Filterring out columns

Hello KNIMErs,

I’m facing a challenge that I hoped shouldn’t be a challenge at all :blush:

I have two input tables:
The first (sample) table with header row and data below. Header might contain ‘ #’ string or not
image

The second (sample) table with reference header row. No ‘ #’ string here
image

I would like to filter out some columns and keep those columns from 1st table which have headers ‘similar’ to reference header row, like below
image

Of course, the full list of columns is longer then in the above example, and the set of reference columns is dynamic (it changes each time the workflow is executed).

How to do this?

I have tried several ways, but nothing that works for me so far.

Happy KNIMEing,

Kaz

Hi @Kazimierz

Did you try the Reference Column Filter ?
gr. Hans

1 Like

Hi @HansS
Yes, I have tried Reference Column Filter.
The think is that Reference Column Filter (and Reference Row Filter, too) finds exact matches. Thus, it matches ‘column’ columns, but doesn’t match ‘header’ columns. In case of ‘header’ the real match refers to ‘header*’ with the wildcard and I don’t know how to apply wildcard in any reference node.
Thank you,
Kaz

Hello @Kazimierz,

you are right. Reference filters are for exact matching. What you can do is prepare regular expression based on your column names and feed it as flow variable to Column Filter node where you can filter based on Wildcard/Regex Selection.

For regEx preparation you can use multi node approach or Column Expressions as a one node solution. Here is workflow example as well.

SpecialHeaderFiltering.knwf (38.3 KB)

Hope this helps!

Br,
Ivan

2 Likes

We are close :blush: @ipazin

I have executed your workflow on sample data and it worked like a charm.

Then, I have used real data and the workflow still worked, however I have discovered that variety of column names is bigger then expected. There are the following reference headers in your workflow:

  • column
  • header
  • abc
    and regular expressions refer to ‘column*’, ‘header*’ and ‘abc*’.

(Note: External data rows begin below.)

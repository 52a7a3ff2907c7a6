// The orders of all nodes of a file, as bytes: entry k * 80 + j is the index of the equation of node k
// that runs j-th.
ghost use Rattle.std.specs.Prelude.{true, ◌≡◌, ℕ, ◌*◌, ◌≤◌, ◌<◌, length, take, drop};
ghost use Rattle.std.proofs.lemmas.List.Edits.{sets};
ghost use Rattle.ol_spec.specs.Syntax.{File};
ghost use Rattle.ol_spec.specs.Limits.{relay_loader};
ghost use Rattle.ol_spec.specs.Read.{got, read_file};
ghost use Rattle.ol_tables.specs.Numbers.{numbers};
ghost use Rattle.ol_order.specs.Tables.{waited_all};
ghost use Rattle.ol_order.specs.Equations.{those, all_waited};
ghost use Rattle.ol_order.specs.Nodes.{nth_place, nth_node, OrdersAsked, Entries, OrdersTold};
ghost use Rattle.ol_order.specs.Orders.{LowNames, EquationsDone, starts_in, NodeDone, NodesStand, Planned, OrdersDone};

use crate::equations::Equations;
use crate::{no_definers, sort};
use ol_ir::project::base;
use ol_tables::bytes::name;
use ol_tables::table::{ORDERS, SLOTS};
use ol_tables::tables::{FileRows, MOST_EQUATIONS};

// Where the slots start, behind the orders and the nodes' numbers; the plans have the second half of
// the bytes from there on.
const SLOTS_FROM: usize = SLOTS - ORDERS;

// The order of the equations, with a table of N definers, and room for all definers that they wait for.
// How many there are is known at the run only, and there is no heap: this file's buffers have the most,
// and a part of each is lent. The order is made in bytes of its own, as in `order_equations`: on a ring the table's
// bytes stay.
fn order_starts<const N: usize>(
    equations: Equations,
    low: bool,
    lists: &mut [u8],
    out: &mut [u8],
) -> Result<(), usize>
    requires some { 0 < N }
    requires few { N ≤ 1024 }
    requires low_names { low ≡ true → LowNames N (those equations) }
    requires room { length (all_waited equations) ≤ length lists.old }
    requires out_len { length out.old ≡ 80 }
    ensures order { EquationsDone (those equations.entry) equations.entry.starts.now out.old out.new result }
    ensures lists { lists.new ≡ sets lists.old 0 (all_waited equations.entry) }
{
    let mut definers = no_definers::<N>();
    let count = equations.starts.len();
    let mut space = [0u8; 80];
    let order = &mut space[..count];
    sort::<N>(equations, low, &mut definers, lists, order).map_err(
        |first| equations.starts[first],
    )?;
    // By a loop, as ol_frame's `copy` is.
    let front = &mut out[..count];
    for (i, k) in order.iter().enumerate() {
        front[i] = *k;
    }
    Ok(())
}

// Where equations start, as their plan, which is written from `plan` on, tells.
fn starts_of(tab: &[u8], plan: usize, starts: &mut [usize])
    requires plan_bound { plan < 9223372036854775808 }
    ensures { starts.new ≡ starts_in tab.now plan (length starts.old) }
{
    for (i, start) in starts.iter_mut().enumerate() {
        let p = plan + 2 * i;
        *start = name(tab, p);
    }
}

// The nodes of a file that reads without fault, by the places at which they start, with the rows of
// its table. With `low` every name that an equation defines has an entry of its own among the definers.
// It is a fact of the names: no field waits for it, and two variants would have the same fields. What
// holds of the nodes is asked by each method: it tells of the table too, which each method is lent, and
// it names the file as it is read, so it is no proposition. In `∥ .. ∥₁` it would be one, and each proof would open it to name the file.
#[derive(Clone, Copy)]
struct Nodes<'f, 'p, 'r> {
    file: &'f [u8],
    enums: usize,
    places: &'p [usize],
    rows: &'r FileRows,
    low: bool,
}

impl<'f, 'p, 'r> Nodes<'f, 'p, 'r> {
    // The order of the equations of node k, with room for all definers that they wait for. It is put into its callers: measured faster.
    // Its plan says where they start; their order is written into the node's part of the table. That there is room
    // stays a clause, here and in `order_all` by the file's length, in `order_starts`, `sort` and `record_all` by the
    // definers: the number is known at the run only, and the room is lent.
    #[inline(always)]
    fn order_node<const N: usize>(
        self,
        k: usize,
        lists: &mut [u8],
        tab: &mut [u8],
    ) -> Result<(), usize>
        requires entries { Entries self N }
        requires k_in_bounds { k < length self.places.now }
        requires asked { OrdersAsked self tab.old }
        requires room { length self.file.now ≤ 3 * length lists.old }
        ensures order { NodeDone (nth_place self.entry k) (nth_node self.entry k) (k * 80) tab.old tab.new result }
        ensures lists { lists.new ≡ sets lists.old 0 (waited_all (nth_node self.entry k).equations (nth_node self.entry k).equations) }
    {
        let at = self.places[k];
        let plans = SLOTS_FROM + (tab.len() - SLOTS_FROM) / 2;
        let row = self.rows.node(k);
        let plan = plans + at + 2 * row.variables;
        let mut space = [0usize; 80];
        let starts = &mut space[..row.count];
        starts_of(tab, plan, starts);
        let equations = Equations {
            file: self.file,
            limits: base(),
            enums: self.enums,
            starts,
        };
        let from = k * MOST_EQUATIONS;
        let end = from + MOST_EQUATIONS;
        order_starts::<N>(equations, self.low, lists, &mut tab[from..end])
    }

    // The orders of all nodes, with lists of L entries and tables of N definers. It stays out of its
    // caller: a short file does not touch the long lists' stack.
    #[inline(never)]
    fn order_all<const L: usize, const N: usize>(self, tab: &mut [u8]) -> Result<(), usize>
        requires asked { OrdersAsked self tab.old }
        requires room { length self.file.now ≤ 3 * L }
        requires size { L < 65536 }
        requires entries { Entries self N }
        ensures { OrdersTold self.entry tab.old tab.new result }
    {
        let mut lists = [0u8; L];
        for k in 0..self.places.len() {
            self.order_node::<N>(k, &mut lists, tab)?;
        }
        Ok(())
    }
}

// The orders of all nodes of a file that reads without fault, and that start at these places: the
// place of the first equation that is never placed, of the first node that has one. With `low` every
// name that an equation defines is below 256 in a file of at most 256 bytes, below 1,024 in a longer one.
pub fn orders_of(
    file: &[u8],
    enums: usize,
    places: &[usize],
    rows: &FileRows,
    low: bool,
    tab: &mut [u8],
) -> Result<(), usize>
    requires nodes_stand { NodesStand file.now enums places.now low }
    requires planned { Planned file.now (numbers rows.now) tab.old }
    ensures orders_done { (f : File) (end : ℕ) → read_file file.now relay_loader ≡ got f end → OrdersDone f (take 2560 tab.old) (take 2560 tab.new) result }
    ensures kept { drop 2560 tab.new ≡ drop 2560 tab.old }
{
    let nodes = Nodes {
        file,
        enums,
        places,
        rows,
        low,
    };
    if file.len() <= 256 {
        if low {
            nodes.order_all::<86, 256>(tab)
        } else {
            nodes.order_all::<86, 1024>(tab)
        }
    } else if file.len() <= 1536 {
        nodes.order_all::<512, 1024>(tab)
    } else {
        nodes.order_all::<10923, 1024>(tab)
    }
}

Unfortunately, there are columns named ‘column’, columns named ‘column #…’, and columns named ‘column something’. The expected matches are ‘column’ and ‘column #*’, while ‘column something’ should be omitted.

So, how to modify your workflow to get regular expressions that identify:
column or column #* where * stands for wildcard,
header or header #* where * stands for wildcard,
abc or abc #* where * stands for wildcard?

Thank you @ipazin for your support so far,
Kaz

1 Like

Hello @Kazimierz,

try with this expression in String Manipulation node:
join("(",$Column Header$,")","( #|$).*")

Br,
Ivan

2 Likes

Perfect! That’s it @ipazin

Could you please explain the meaning of particular elements of this expression? Or am I asking too much?

Thank you,
Kaz

1 Like

Hello @Kazimierz,

a bit too much as I’m not good at explaining regular expressions :sweat_smile:

In short it does what you are looking for. List of words in OR expression followed by either space and # char or end of string/line ($). You can check this web page for playing with and learning regular expressions:

Br,
Ivan

2 Likes

Thank yuo @ipazin
Have a good week ahead,
Kaz

This topic was automatically closed 7 days after the last reply. New replies are no longer allowed.